Don’t be afraid to be still and do nothing

School’s out for summer!

Congratulations students, teachers and parents. You’ve made it to the end of another long academic year. So now what?

I hope you will spend the summer doing a whole lot of nothing. For once, graduates, there are no summer reading lists to worry about and as awesome as college will be, it isn’t a cakewalk. Let the stress come when it must. If you spend every day in bed staring at the ceiling, you get no judgment from me.

In the quiet “nothing” moments, we learn who we are and what we are passionate about. And inevitably, we start doing something more meaningful than most any assignment.

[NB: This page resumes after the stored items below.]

//! A file in memory, which tells its bytes: what stores promise of such files is so of this one.
ghost use Rattle.std.specs.Prelude.{◌≡◌, ◌+◌, ◌*◌, ◌<◌, ◌≤◌, Some, IfSome, length, slice_set, take};
ghost use Rattle.jc_words.specs.File.{most_bytes, with_word};
ghost use Rattle.jc_words.specs.HeldWrites.{IsInStep};
ghost use Rattle.jc_words.specs.WordRuns.{bytes_with_run};

use jc_words::{FileFailed, FileReadFault, FileStore, WordFile};
use std::alloc::{AllocError, Global};

// A reading gives this number of bytes at most.
const READ_LIMIT: usize = 131_071;

/// A file of these bytes, of which no call fails.
#[derive(Drop)]
pub struct ByteFile {
    pub bytes: Vec<u8>,
}

impl ByteFile {
    // Sets word `i`, if it is there.
    fn set_word(&mut self, i: usize, v: u16)
        requires { i < 131072 }
        ensures { 2 * i + 1 < length self.old.bytes.items → self.new.bytes.items
            ≡ with_word i v self.old.bytes.items }
    {
        let at = 2 * i;
        if at + 1 < self.bytes.len() {
            self.bytes[at] = (v / 256) as u8;
            self.bytes[at + 1] = (v % 256) as u8;
        }
    }
}

// The bytes that a reading gives.
fn front(bytes: &[u8]) -> &[u8]
    ensures { result.now ≡ take most_bytes bytes.now }
{
    if bytes.len() <= READ_LIMIT {
        bytes
    } else {
        &bytes[..READ_LIMIT]
    }
}

impl WordFile for ByteFile {
    ghost use Rattle.std.specs.Prelude.{Some};

    ghost unread = { λ f. Some f.bytes.items };

    ghost bytes = { λ f. Some f.bytes.items };

    ghost failures = { λ _. 0 };

    fn read_bytes(&mut self, alloc: Global) -> Result<Vec<u8>, FileReadFault> {
        let mut read = Vec::new(alloc);
        match read.extend_from_slice(front(&self.bytes)) {
            Ok(()) => Ok(read),
            Err(AllocError) => Err(FileReadFault::NoMemory),
        }
    }

    fn put_word(&mut self, i: u16, v: u16) -> Result<(), FileFailed> {
        self.set_word(usize::from(i), v);
        Ok(())
    }

    fn put_pair(&mut self, i: u16, first: u16, second: u16) -> Result<(), FileFailed> {
        self.set_word(usize::from(i), first);
        self.set_word(usize::from(i) + 1, second);
        Ok(())
    }

    fn put_run(&mut self, i: u16, run: &[u16]) -> Result<(), FileFailed> {
        for k in 0..run.len() {
            self.set_word(usize::from(i) + k, run[k]);
        }
        Ok(())
    }
}

/// The file below a store over it has the store's words from the first, and so after each write that passes. Without memory for the words, or where
/// it has not the size of an image, it answers nothing.
pub fn a_store_begins_in_step(alloc: Global, file: ByteFile) -> Option<FileStore<ByteFile>>
    ensures { IfSome result (λ store. IsInStep (Some store.file.bytes.items) store.words store.held) }
{
    match FileStore::over(alloc, file) {
        Ok(store) => Some(store),
        Err(_) => None,
    }
}
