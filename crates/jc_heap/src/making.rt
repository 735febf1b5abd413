//! New objects.
ghost use Rattle.std.specs.Prelude.{nat_le, ◌≡◌, [], ◌∷◌, false, IfOk, Some, ◌+◌, ◌-◌};
ghost use Rattle.jc_words.specs.Refusals.{IsWithinFuse};
ghost use Rattle.jc_heap.specs.Object.{AnObject, new_object, object_size, new_transient, header_word};
ghost use Rattle.jc_heap.specs.Heap.{is_allocated, heap_item_at, area_end, area_limit, limit};
ghost use Rattle.jc_heap.specs.Moves.{AddTransient, PerformsMovesUnless, new_move, refusal_of_object, refusal_of_transient};
ghost use Rattle.jc_heap.specs.Completions.{after_making};

use crate::fresh::{write_record, write_run};
use crate::heap::Heap;
use crate::layout::{HEADER, area_word};
use crate::object::{Kind, words_of_cells};
use crate::refusal::HeapRefusal;
use jc_transient::{ClassWord, ClearEvent, OwnerWord, Ref};
use jc_words::WordStore;
use jc_words::layout::TOP;

impl<S: WordStore> Heap<S> {
    /// How many words new objects can still take.
    pub fn free_words(&self) -> u16
        requires { self.now.down ≡ false }
        ensures { result ≡ limit self.now - self.now.now.top }
    {
        self.size.saturating_sub(self.top())
    }

    /// How many word writes the store has let pass. At 2^64 - 1 the count stays.
    pub fn passed_writes(&self) -> u64
        ensures count { result ≡ self.now.passed }
        ensures within { IsWithinFuse self.now.passed self.now.refusals.fuse }
    {
        self.journal.passed_writes()
    }

    /// How many cells of an event's area new objects can still take.
    pub fn free_cells(&self, event: ClearEvent) -> u16
        requires { self.now.down ≡ false }
        ensures { result ≡ area_limit self.now.now event - area_end self.now.now event }
    {
        let end = self.journal.read(area_word(event));
        self.area_limit(event).saturating_sub(end)
    }

    /// Whether there is space for a new persistent object of a kind, with n cells.
    pub fn has_space(&self, kind: Kind, length: u16) -> bool
        requires { self.now.down ≡ false }
        ensures { result ≡ nat_le (self.now.now.top + object_size kind length) (limit self.now) }
    {
        u32::from(self.top()) + object_size(kind, length) <= u32::from(self.size)
    }

    /// Makes a persistent object whose cells are zero. Of arrays of bytes and of booleans two elements stand in a word.
    pub fn new_persistent(
        &mut self,
        kind: Kind,
        class: ClassWord,
        owner: OwnerWord,
        length: u16,
    ) -> Result<Ref, HeapRefusal>
        requires { self.old.down ≡ false }
        ensures moves { PerformsMovesUnless (refusal_of_object self.old kind length) self.old
            (after_making result self.new) (new_move kind class owner length ∷ [])
            self.old.now.top }
        ensures made { IfOk result (λ r. heap_item_at self.new.now r
            ≡ AnObject (new_object kind class owner length)) }
        ensures free { is_allocated self.old.now self.old.now.top ≡ false }
    {
        let top = self.journal.read(TOP);
        let end = u32::from(top) + object_size(kind, length);
        if end > u32::from(self.size) {
            return Err(HeapRefusal::HeapFull);
        }
        if !self.journal.fits(&[TOP]) {
            return Err(HeapRefusal::CommitFull);
        }
        let header = [kind.header_number(), class.0, owner.0, length];
        let zeros = words_of_cells(kind.has_bytes(), length) as u16;
        let Ok(()) = write_record(&mut self.journal, top, &header, zeros) else {
            return Err(HeapRefusal::StoreDown);
        };
        // There is room for the top's old value, so the store alone can refuse.
        let Ok(()) = self.journal.write(TOP, end as u16) else {
            return Err(HeapRefusal::StoreDown);
        };
        Ok(Ref::at(top))
    }

    /// Makes a transient object. Its cells are the first free ones of its event's area; whoever keeps
    /// the area gives them their values.
    pub fn new_transient(
        &mut self,
        kind: Kind,
        event: ClearEvent,
        class: ClassWord,
        owner: OwnerWord,
        length: u16,
    ) -> Result<Ref, HeapRefusal>
        requires { self.old.down ≡ false }
        ensures moves { PerformsMovesUnless (refusal_of_transient self.old event length) self.old
            (after_making result self.new) (AddTransient kind event class owner length ∷ [])
            self.old.now.top }
        ensures made { IfOk result (λ r. heap_item_at self.new.now r
            ≡ AnObject (new_transient kind event class owner length
            (area_end self.old.now event))) }
        ensures free { is_allocated self.old.now self.old.now.top ≡ false }
    {
        let end_word = area_word(event);
        let place = self.journal.read(end_word);
        let area_end = u32::from(place) + u32::from(length);
        if area_end > u32::from(self.area_limit(event)) {
            return Err(HeapRefusal::NoTransientSpace);
        }
        let top = self.journal.read(TOP);
        let end = u32::from(top) + u32::from(HEADER) + 1;
        if end > u32::from(self.size) {
            return Err(HeapRefusal::HeapFull);
        }
        if !self.journal.fits(&[TOP, end_word]) {
            return Err(HeapRefusal::CommitFull);
        }
        let record = [header_of(kind, event), class.0, owner.0, length, place];
        let Ok(()) = write_run(&mut self.journal, top, &record) else {
            return Err(HeapRefusal::StoreDown);
        };
        // There is room for both old values, so the store alone can refuse.
        let changes = [(TOP, end as u16), (end_word, area_end as u16)];
        let Ok(()) = self.journal.write_all(&changes) else {
            return Err(HeapRefusal::StoreDown);
        };
        Ok(Ref::at(top))
    }
}

// How many words a new persistent object of a kind takes, with n cells.
fn object_size(kind: Kind, length: u16) -> u32
    ensures { result ≡ object_size kind length }
{
    u32::from(HEADER) + words_of_cells(kind.has_bytes(), length)
}

// The first word of a transient object's header.
fn header_of(kind: Kind, event: ClearEvent) -> u16
    ensures { result ≡ header_word kind (Some event) }
{
    match event {
        ClearEvent::Reset => kind.number() + 256,
        ClearEvent::Deselect => kind.number() + 512,
    }
}
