//! Runs of words at or above the top, which have no meaning until the top moves.
ghost use Rattle.std.specs.Prelude.{◌+◌, ◌++◌, length, replicate, OnOk, OnErr};
ghost use Rattle.jc_heap.specs.Fresh.{IsFree, KeepsBelow, Fills, IsTornFresh};

use jc_commit::Journal;
use jc_words::{StoreDown, WordStore};

// Writes words from an address on.
pub(crate) fn write_run<S: WordStore>(
    journal: &mut Journal<S>,
    at: u16,
    words: &[u16],
) -> Result<(), StoreDown>
    requires { IsFree at (length words.now) journal.old }
    ensures below { KeepsBelow at journal.old journal.new }
    ensures done { OnOk result (Fills at words.now journal.old journal.new) }
    ensures stopped { OnErr result (IsTornFresh (length words.now) journal.old journal.new) }
{
    for (k, word) in words.iter().enumerate() {
        journal.write_fresh(at + k as u16, *word)?;
    }
    Ok(())
}

// Writes `count` zeros from an address on.
pub(crate) fn write_zeros<S: WordStore>(
    journal: &mut Journal<S>,
    at: u16,
    count: u16,
) -> Result<(), StoreDown>
    requires { IsFree at count journal.old }
    ensures below { KeepsBelow at journal.old journal.new }
    ensures done { OnOk result (Fills at (replicate count 0) journal.old journal.new) }
    ensures stopped { OnErr result (IsTornFresh count journal.old journal.new) }
{
    for k in 0..count {
        journal.write_fresh(at + k, 0)?;
    }
    Ok(())
}

// Writes the words of a header and `zeros` zeros after them.
pub(crate) fn write_record<S: WordStore>(
    journal: &mut Journal<S>,
    at: u16,
    header: &[u16],
    zeros: u16,
) -> Result<(), StoreDown>
    requires { IsFree at (length header.now + zeros) journal.old }
    ensures below { KeepsBelow at journal.old journal.new }
    ensures done { OnOk result (Fills at (header.now ++ replicate zeros 0) journal.old
        journal.new) }
    ensures stopped { OnErr result (IsTornFresh (length header.now + zeros) journal.old journal.new) }
{
    write_run(journal, at, header)?;
    write_zeros(journal, at + header.len() as u16, zeros)?;
    Ok(())
}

Unfortunately, students have less and less “nothing” time these days. A packed summer is a burden put on them by their schools, but also by their parents. We seem determined to expose kids to every activity and camp under the sun. The thought of letting them sit around and do nothing is too terrible to bear. And if we are honest, we keep ourselves so busy that we can’t conceive of keeping the rest of the family on a slower schedule. But what does that mean for the kids?

I don’t know if you can testify, but boring childhood summers are some of my most memorable on record. I remember going to visit my grandma in New York for a couple of weeks every summer as a tween. Grandma would cook like nobody’s business, but she wasn’t driving us to Times Square or the Empire State Building. We got to play in her backyard…morning after morning after morning.

The backyard, essentially devoid of toys or anything resembling them, became the setting for all of my creative pursuits. I starred in my own music videos with the help of my Discman. I played tag with my cousins. I wrote my first love stories, imagining that the pre-teen boy next door had an intense crush on me and was watching me through the window anytime I was outside.

And when I couldn’t bear the yard anymore, I would sit in the same room my mother grew up in and deeply examine the wallpaper, the closet, the wall hangings, the stuffed animals. I imagined her at my age, sitting around in that same room; my imagination ran wild.

There is no doubt that those days helped shape me into the creative writer I became. In fact, these lazy, mysterious summer days come to mind often when I sit before a script. There was a beautiful stillness and a tangible curiosity in those trips. I had nowhere to go, almost nothing to do, and I cannot forget one moment.

We cannot be afraid to be still and do nothing. It is the basis of creative thinking. We have to be countercultural enough to let our children do nothing this summer, even for a time. Take away the tablet. Put the cable box in the closet. Give them a chance to free play with the most incredible computers they have: their brains.